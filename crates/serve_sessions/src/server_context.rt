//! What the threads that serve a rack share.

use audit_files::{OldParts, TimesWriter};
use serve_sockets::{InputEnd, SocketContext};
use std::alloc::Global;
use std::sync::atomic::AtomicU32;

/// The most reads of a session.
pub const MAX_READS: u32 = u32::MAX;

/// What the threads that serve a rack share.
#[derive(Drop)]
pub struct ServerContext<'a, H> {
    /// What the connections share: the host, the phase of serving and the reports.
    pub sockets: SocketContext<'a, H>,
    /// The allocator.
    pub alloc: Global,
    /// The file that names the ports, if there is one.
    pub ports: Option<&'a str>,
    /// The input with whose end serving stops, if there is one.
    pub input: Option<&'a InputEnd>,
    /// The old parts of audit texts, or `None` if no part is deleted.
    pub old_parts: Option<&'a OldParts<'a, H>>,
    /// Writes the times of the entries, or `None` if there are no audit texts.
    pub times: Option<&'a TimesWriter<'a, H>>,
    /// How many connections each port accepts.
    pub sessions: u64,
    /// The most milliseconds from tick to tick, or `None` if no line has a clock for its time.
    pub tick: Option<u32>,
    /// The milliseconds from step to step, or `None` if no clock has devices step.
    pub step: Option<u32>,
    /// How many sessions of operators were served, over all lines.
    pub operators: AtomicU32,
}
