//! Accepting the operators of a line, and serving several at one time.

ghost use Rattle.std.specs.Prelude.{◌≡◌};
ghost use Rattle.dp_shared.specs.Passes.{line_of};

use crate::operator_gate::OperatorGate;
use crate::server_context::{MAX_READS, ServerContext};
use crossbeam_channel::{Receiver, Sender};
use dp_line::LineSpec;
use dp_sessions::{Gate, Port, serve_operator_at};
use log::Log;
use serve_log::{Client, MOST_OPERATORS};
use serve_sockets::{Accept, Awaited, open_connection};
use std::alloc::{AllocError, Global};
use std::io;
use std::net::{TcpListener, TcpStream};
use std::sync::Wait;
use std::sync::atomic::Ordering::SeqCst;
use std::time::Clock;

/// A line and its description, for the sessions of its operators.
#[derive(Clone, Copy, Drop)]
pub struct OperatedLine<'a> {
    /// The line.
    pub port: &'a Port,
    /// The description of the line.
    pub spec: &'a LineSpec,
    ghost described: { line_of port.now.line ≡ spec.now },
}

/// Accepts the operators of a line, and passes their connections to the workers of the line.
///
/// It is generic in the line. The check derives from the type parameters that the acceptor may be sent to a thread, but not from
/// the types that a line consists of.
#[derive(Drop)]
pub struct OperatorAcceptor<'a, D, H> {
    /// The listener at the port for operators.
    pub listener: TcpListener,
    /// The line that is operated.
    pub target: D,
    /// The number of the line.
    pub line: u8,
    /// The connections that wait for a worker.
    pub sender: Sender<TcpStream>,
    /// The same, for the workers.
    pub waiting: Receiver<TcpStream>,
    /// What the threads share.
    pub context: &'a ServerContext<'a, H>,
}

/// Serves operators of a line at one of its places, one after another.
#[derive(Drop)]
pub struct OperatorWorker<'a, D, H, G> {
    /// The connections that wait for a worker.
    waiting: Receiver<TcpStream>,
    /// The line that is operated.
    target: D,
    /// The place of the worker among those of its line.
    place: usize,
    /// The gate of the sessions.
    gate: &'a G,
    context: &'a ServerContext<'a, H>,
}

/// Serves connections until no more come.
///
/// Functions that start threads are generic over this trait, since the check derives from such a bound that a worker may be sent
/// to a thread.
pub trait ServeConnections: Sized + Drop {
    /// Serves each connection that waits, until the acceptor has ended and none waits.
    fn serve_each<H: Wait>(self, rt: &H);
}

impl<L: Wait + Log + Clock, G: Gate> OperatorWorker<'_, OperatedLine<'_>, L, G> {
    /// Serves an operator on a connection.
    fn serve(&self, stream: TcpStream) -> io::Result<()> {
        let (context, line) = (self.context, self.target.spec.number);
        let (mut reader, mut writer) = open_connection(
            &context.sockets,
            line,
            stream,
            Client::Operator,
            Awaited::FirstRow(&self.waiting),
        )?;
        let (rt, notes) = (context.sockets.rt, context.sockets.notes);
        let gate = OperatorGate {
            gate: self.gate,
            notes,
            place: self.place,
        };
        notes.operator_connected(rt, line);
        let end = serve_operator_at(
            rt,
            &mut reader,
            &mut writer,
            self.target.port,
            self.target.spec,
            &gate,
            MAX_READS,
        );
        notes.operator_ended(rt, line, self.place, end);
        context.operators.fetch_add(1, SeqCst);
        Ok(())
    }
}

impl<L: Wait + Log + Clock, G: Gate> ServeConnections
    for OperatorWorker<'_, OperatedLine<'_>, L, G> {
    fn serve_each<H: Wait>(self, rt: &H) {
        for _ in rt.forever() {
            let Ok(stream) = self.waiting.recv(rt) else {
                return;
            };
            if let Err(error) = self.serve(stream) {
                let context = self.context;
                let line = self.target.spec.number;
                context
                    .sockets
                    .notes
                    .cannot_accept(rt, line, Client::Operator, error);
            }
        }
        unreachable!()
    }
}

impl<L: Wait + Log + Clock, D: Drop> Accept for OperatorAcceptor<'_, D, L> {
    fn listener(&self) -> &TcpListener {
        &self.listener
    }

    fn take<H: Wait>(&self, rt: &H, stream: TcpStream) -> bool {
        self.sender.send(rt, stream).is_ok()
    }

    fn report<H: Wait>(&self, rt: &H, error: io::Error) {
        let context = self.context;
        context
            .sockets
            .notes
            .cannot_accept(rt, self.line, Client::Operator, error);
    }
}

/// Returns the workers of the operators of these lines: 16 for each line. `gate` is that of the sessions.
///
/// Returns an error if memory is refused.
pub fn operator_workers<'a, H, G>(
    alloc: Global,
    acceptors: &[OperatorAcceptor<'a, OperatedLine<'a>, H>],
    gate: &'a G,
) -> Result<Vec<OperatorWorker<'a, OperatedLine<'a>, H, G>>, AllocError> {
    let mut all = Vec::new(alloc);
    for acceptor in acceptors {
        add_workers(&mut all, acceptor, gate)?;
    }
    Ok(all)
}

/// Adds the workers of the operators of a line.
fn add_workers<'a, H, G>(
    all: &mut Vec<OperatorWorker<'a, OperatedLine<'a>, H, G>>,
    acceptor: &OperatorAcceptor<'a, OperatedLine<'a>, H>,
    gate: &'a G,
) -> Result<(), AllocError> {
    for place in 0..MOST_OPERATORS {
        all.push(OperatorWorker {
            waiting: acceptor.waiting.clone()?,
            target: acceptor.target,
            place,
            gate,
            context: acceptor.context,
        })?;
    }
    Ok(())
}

──────────

If a line in the records above contains "texts", copy that line.

    /// The old parts of audit texts, or `None` if no part is deleted.
    /// Writes the times of the entries, or `None` if there are no audit texts.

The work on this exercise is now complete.